In addition, we found that IL-4 was detectable at the membrane level in all the CICs (seven of seven cell lines with 66–82% of positive cells) and was overexpressed (p < 0.01) in these cells compared with their FBS pairs, although autologous FBS tumor cells were available for only three patients (Fig. 2A). This cytokine was commonly found in the cytoplasm of both types of tumor cell lines. We have then analyzed three additional FBS tumor cells available in our laboratories (#1039, 20299, and 1869), confirming the previously obtained results (Fig. 2A). IL-4R was detected in six of seven CICs both at the membrane and, with higher levels, in the cytoplasm, whereas it was almost negative in FBS tumor cells (Fig. 2 A). The secretion of IL-4 was found to be preferentially associated with CRC-derived CICs, with low or negative secretion by FBS tumor cells (#1076 and 1247, respectively; Fig. 2B). In addition, the pretreatment of cells with IFN-γ increased the levels of cytokine release, with statistically significant differences (p < 0.005) between CICs and their FBS tumor cell counterparts (Fig. 2B). These results suggest that, as previously documented (19, 25), IL-4 and IL-4R, both membrane associated and as soluble factors, are preferentially expressed by CICs isolated from CRC and correlated with their low immunogenic profile.

To determine the role of CIC-associated IL-4 on T cell–mediated immune responses, these cells were cocultured with autologous (#1076, 1247, and 14583 CRC patients) or with allogeneic healthy donors (patients #1, 2, and 3) PBMCs for 72 h with PHA/Con A. These cocultures were set up with or without neutralizing Abs directed to IL-4 or IL-4R or both.
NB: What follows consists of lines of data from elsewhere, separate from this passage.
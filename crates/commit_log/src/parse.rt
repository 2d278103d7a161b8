// Reading the bytes of a log, in memory.
ghost use Rattle.std.specs.Prelude.{◌≡◌, ◌+◌, ◌++◌, ◌<◌, ◌^◌, Err, IfOk, OnErr, length};
ghost use Rattle.std.specs.Int.{w32, w64, to_be_bytes};
ghost use Rattle.commit_log.specs.Segment.{header_bytes, constant_at, number_at, FitsHeader};
ghost use Rattle.commit_log.specs.Frames.{header_for};
ghost use Rattle.commit_log.specs.Fronts.{FrontGives, SaysGate, SaysHeader};

use crate::frame::OPEN_GATE;
use crate::header::Header;
use crate::reader::{FrameError, OpenError};

/// Where the first gate of a segment stands.
pub(crate) const FIRST_GATE: u64 = 33;

/// The base positions that no header has.
const BASE_LIMIT: u64 = 1 << 63;

/// The name of the format, and its version.
const SIGNATURE: [u8; 8] = *b"NETHLOG\x01";

// Each step of reading gives what it read and the bytes behind it, or the offset of the first byte that is wrong or
// missing.

fn u32_at(at: u64, bytes: &[u8]) -> Result<(u32, &[u8]), u64>
    ensures gives { FrontGives (λ x. (x.0, x.1.now)) result (number_at w32 at bytes.now) }
    ensures spelled { IfOk result (λ x. bytes.now ≡ to_be_bytes w32 x.0 ++ x.1.now) }
    ensures short { OnErr result (length bytes.now < 4) }
{
    if bytes.len() < 4 {
        return Err(at);
    }
    let (front, rest) = bytes.split_at(4);
    let number = u32::from_be_bytes([front[0], front[1], front[2], front[3]]);
    Ok((number, rest))
}

fn u64_at(at: u64, bytes: &[u8]) -> Result<(u64, &[u8]), u64>
    ensures gives { FrontGives (λ x. (x.0, x.1.now)) result (number_at w64 at bytes.now) }
    ensures spelled { IfOk result (λ x. bytes.now ≡ to_be_bytes w64 x.0 ++ x.1.now) }
{
    if bytes.len() < 8 {
        return Err(at);
    }
    let (front, rest) = bytes.split_at(8);
    let number = u64::from_be_bytes([
        front[0], front[1], front[2], front[3], front[4], front[5], front[6], front[7],
    ]);
    Ok((number, rest))
}

fn read_constant<'a>(wanted: &[u8], at: u64, bytes: &'a [u8]) -> Result<&'a [u8], u64>
    requires { at + length wanted.now < 2 ^ 64 }
    ensures gives { FrontGives (λ x. x.now) result (constant_at wanted.now at bytes.now) }
    ensures spelled { IfOk result (λ x. bytes.now ≡ wanted.now ++ x.now) }
{
    let mut at = at;
    let mut rest = bytes;
    for byte in wanted {
        match rest.split_first() {
            Some((first, after)) => {
                if *first != *byte {
                    return Err(at);
                }
                rest = after;
            }
            None => return Err(at),
        }
        at += 1;
    }
    Ok(rest)
}

/// The header of this partition's log.
#[tactic(auto, unfolding(crate::specs::Segment::header_at))]
fn read_header(partition: u32, bytes: &[u8]) -> Result<(Header, &[u8]), u64>
    ensures gives { FrontGives (λ x. (x.0, x.1.now)) result (header_for partition bytes.now) }
    ensures spelled { IfOk result (λ x. bytes.now ≡ header_bytes x.0 ++ x.1.now) }
    ensures fits { IfOk result (λ x. FitsHeader x.0) }
{
    let rest = read_constant(&SIGNATURE, 1, bytes)?;
    let (found, rest) = u32_at(9, rest)?;
    if found != partition {
        return Err(9);
    }
    let (partitions, rest) = u32_at(13, rest)?;
    let (digest, rest) = u64_at(17, rest)?;
    let (base, rest) = u64_at(25, rest)?;
    if base >= BASE_LIMIT {
        return Err(25);
    }
    let header = Header {
        partition,
        partitions,
        digest,
        base,
    };
    Ok((header, rest))
}

/// What the front of a file says: the bytes up to the first gate, or all where there are fewer.
pub(crate) fn parse_front(partition: u32, front: &[u8]) -> Result<Header, OpenError>
    ensures says { SaysHeader partition front.now result }
    ensures no_fault { result ≡ Err OpenError.SiteFault → ⊥ }
{
    match front {
        [OPEN_GATE, behind @ ..] => {
            if behind.is_empty() {
                return Err(OpenError::Fresh);
            }
            match read_header(partition, behind) {
                Ok((header, _)) => Ok(header),
                Err(offset) => Err(OpenError::Damaged { offset }),
            }
        }
        _ => Err(OpenError::Fresh),
    }
}

/// The length of the payload behind a gate, or None where it is closed, by the gate's byte and the four behind it.
#[tactic(auto, unfolding(crate::specs::Segment::frame_at))]
pub(crate) fn parse_gate(gate: u64, front: &[u8]) -> Result<Option<u32>, FrameError>
    requires { gate + 1 < 2 ^ 31 }
    ensures says { SaysGate gate front.now result }
    ensures no_fault { result ≡ Err FrameError.SiteFault → ⊥ }
{
    let (byte, behind) = match front.split_first() {
        Some((byte, behind)) => (*byte, behind),
        None => return Err(FrameError::Damaged { offset: gate }),
    };
    if byte != OPEN_GATE {
        return Ok(None);
    }
    match u32_at(gate + 1, behind) {
        Ok((payload_len, _)) => Ok(Some(payload_len)),
        Err(offset) => Err(FrameError::Damaged { offset }),
    }
}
As negative control, FBS tumor cells (#1076 and 1247) were used as stimulators. The proliferative activity of CD3+ T cells was determined by CSFE staining and FACS analysis. As shown in Fig. 3, the efficiency of proliferation (indicated as proliferation index) of T cells was reduced (1.5–2.6 times, p < 0.001) by culture with CICs, compared with stimulation with mitogens alone (PHA and Con A). Of interest, recovery of T cell proliferation was obtained when IL-4–specific mAbs were present in the cocultures, achieving values for the proliferation index similar to those of the positive controls (PHA/Con A) for all the six CICs isolated from CRC patients (Fig. 3). Of note, the coculture of PBMCs with autologous CICs preincubated with anti-IL-4R mAb (#1076, 1247, 14583, 1, 2, and 3) did not affect the T cell proliferation (Fig. 3). Moreover, the pretreatment of CICs with the combination of anti–IL-4 and –IL-4R mAbs confirmed that the blocking of IL-4 is sufficient to lead to the rescue of T cell proliferation. These data indicate that CIC-associated IL-4 is responsible for the CIC-mediated inhibition of T lymphocyte proliferation, possibly by direct interaction with the IL-4R expressed on T cells and not by the activation of an autocrine pathway on CICs.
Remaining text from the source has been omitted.